Premier président à se rendre sur l'île depuis l'assaut militaire de la grotte, il y a trente ans jour pour jour, M. Macron n'a pas déposé de gerbe sur la tombe des 19 militants kanak tués, mais a été chaleureusement applaudi et remercié par la population.
Il a aussi rendu hommage aux six militaires qui ont perdu la vie dans ces tragiques événements devant la stèle à leur mémoire à Fayaoué, et aux deux leaders indépendantistes Jean-Marie Tjibaou et Yeiwéné Yeiwéné, assassinés par un des leurs en 1989.
Il avait auparavant rencontré, à huis clos, les familles qui souhaitaient le voir.

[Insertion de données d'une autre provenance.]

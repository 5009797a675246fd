// A plane: the picture that an end holds, a byte for each sample.
ghost use Rattle.std.specs.Prelude.{◌≡◌, length};
ghost use Rattle.ends.specs.Planes.{blank};

// The width and the height of a plane, in samples, as yet unchecked: only open tests them.
#[derive(Clone, Copy)]
pub struct Size {
    pub width: u16,
    pub height: u16,
}

// Makes every sample 128.
pub fn clear(plane: &mut [u8])
    ensures { plane.new ≡ blank (length plane.old) }
{
    plane.fill(128);
}
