// Why a call was refused. The numbers are part of the product, and are tested in this order.
ghost use Rattle.std.specs.Prelude.{◌≡◌, Some};
ghost use Rattle.ends.specs.declared.refusal.Refusal.TheVariants.{Qp as qp, Mode as mode, Width as width};
ghost use Rattle.ends.specs.Refusals.{number_of};
ghost use Rattle.ends.specs.Words.{word_of};

use crate::mode::ModeFault;
use kinds::{QpFault, WidthFault};
use std::fmt;

#[derive(Clone, Copy)]
pub enum Refusal {
    // open: width or height is no multiple of 16 from 16 to 1024
    Size = 1,
    // the plane is not width x height bytes
    Plane = 2,
    // the camera's count, or the number handed to the handset, is 4294967295
    Count = 3,
    // the tag is not the kind's (follow), or not 0 (resume)
    Tag = 4,
    // the number handed to the handset is below its count
    Late = 5,
    // the number handed to follow is above the handset's count
    Early = 6,
    // the QP is above 51
    Qp = 7,
    // the mode is above 3
    Mode = 8,
    // x or y is no multiple of the edge, or the tile leaves the plane
    Place = 9,
    // the source or the levels do not number edge x edge
    Length = 10,
    // mode 1 at y = 0, or mode 2 at x = 0
    Border = 11,
    // the kind refuses: a number left its width
    Width = 12,
}

impl Refusal {
    // For firmware, which knows a refusal by its number. A call with a name and no From: `refusal.number()` says what it gives.
    pub fn number(self) -> u8
        ensures { result ≡ number_of self }
    {
        self as u8
    }
}

// The reason, in one word.
impl fmt::Display for Refusal {
    ghost output = { λ refusal. Some (word_of refusal) };

    fn fmt<W: fmt::Write>(&self, f: &mut fmt::Formatter<W>) -> fmt::Result {
        let word = match self {
            Refusal::Size => "size",
            Refusal::Plane => "plane",
            Refusal::Count => "count",
            Refusal::Tag => "tag",
            Refusal::Late => "late",
            Refusal::Early => "early",
            Refusal::Qp => "qp",
            Refusal::Mode => "mode",
            Refusal::Place => "place",
            Refusal::Length => "length",
            Refusal::Border => "border",
            Refusal::Width => "width",
        };
        f.write_str(word)
    }
}

impl From<QpFault> for Refusal {
    ghost from_gives = { λ _ refusal. refusal ≡ qp };

    fn from(_fault: QpFault) -> Self {
        Self::Qp
    }
}

impl From<ModeFault> for Refusal {
    ghost from_gives = { λ _ refusal. refusal ≡ mode };

    fn from(_fault: ModeFault) -> Self {
        Self::Mode
    }
}

impl From<WidthFault> for Refusal {
    ghost from_gives = { λ _ refusal. refusal ≡ width };

    fn from(_fault: WidthFault) -> Self {
        Self::Width
    }
}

Il faut «accepter toutes les mémoires pour ne pas s'enfermer dans les douleurs», a expliqué M. Macron, qui est également revenu dans son discours sur la colonisation, période de «fautes et de crimes» mais aussi de «grandes choses de faites».
Sans repentance
«La France se grandit toujours de reconnaître chacune des étapes de ce qui l'a fait, sans déni, sans repentance», a-t-il dit.
A Ouvéa, le président a planté un cocotier, symbole de vie dans la culture kanak. Il avait à ses côtés un des fils d'Alphonse Dianou, chef du commando FLNKS qui attaqua, le 22 avril 1988, la brigade de Fayaoué et fut tué lors de l'assaut le 5 mai dans des conditions controversées.
«Je lui tire mon chapeau, ça fait trente ans qu'il y a eu les événements, il n'y a que lui qui a foulé le sol d'Ouvéa. (...) La France vient s'agenouiller pour nos martyrs c'est pas n'importe quoi», a confié à l'AFP Kaco, un habitant de la tribu de Banutr.
Mais un autre, qui a préféré rester anonyme, a estimé, drapeau kanak à la main, que le chef de l'Etat venait «humilier nos morts».
Un collectif d'habitants de Gossanah, où se situe la grotte, était fermement opposé à la venue du chef de l'Etat au monument des 19, et avait promis de «tout faire pour l'en empêcher». Minoritaires, ces habitants ont multiplié les manifestations à Ouvéa ces derniers jours pour exprimer leur colère.
Autre geste hautement symbolique, cette fois au Centre culturel Tjibaou à Nouméa : M. Macron a remis au gouvernement les actes de prise de possession de la Nouvelle-Calédonie, des 24 et 29 septembre 1853 au nom de Napoléon III. Les documents étaient jusqu'alors conservés aux archives de l'outre-mer d'Aix-en-Provence.
«Nous ne sommes plus au temps de la possession, nous sommes au temps des choix et de la prise de décisions collectives», a déclaré le président. Avec ce geste, «vous allez marquer l'Histoire de la Nouvelle-Calédonie», a estimé Philippe Germain, président du gouvernement local.
Depuis 20 ans, un processus de décolonisation par étapes est en place en Nouvelle-Calédonie et doit déboucher sur un référendum lors duquel les électeurs devront dire s'ils veulent «que la Nouvelle-Calédonie accède à la pleine souveraineté et devienne indépendante». Au vu du rapport de forces actuel entre les deux camps, le «non» est attendu gagnant.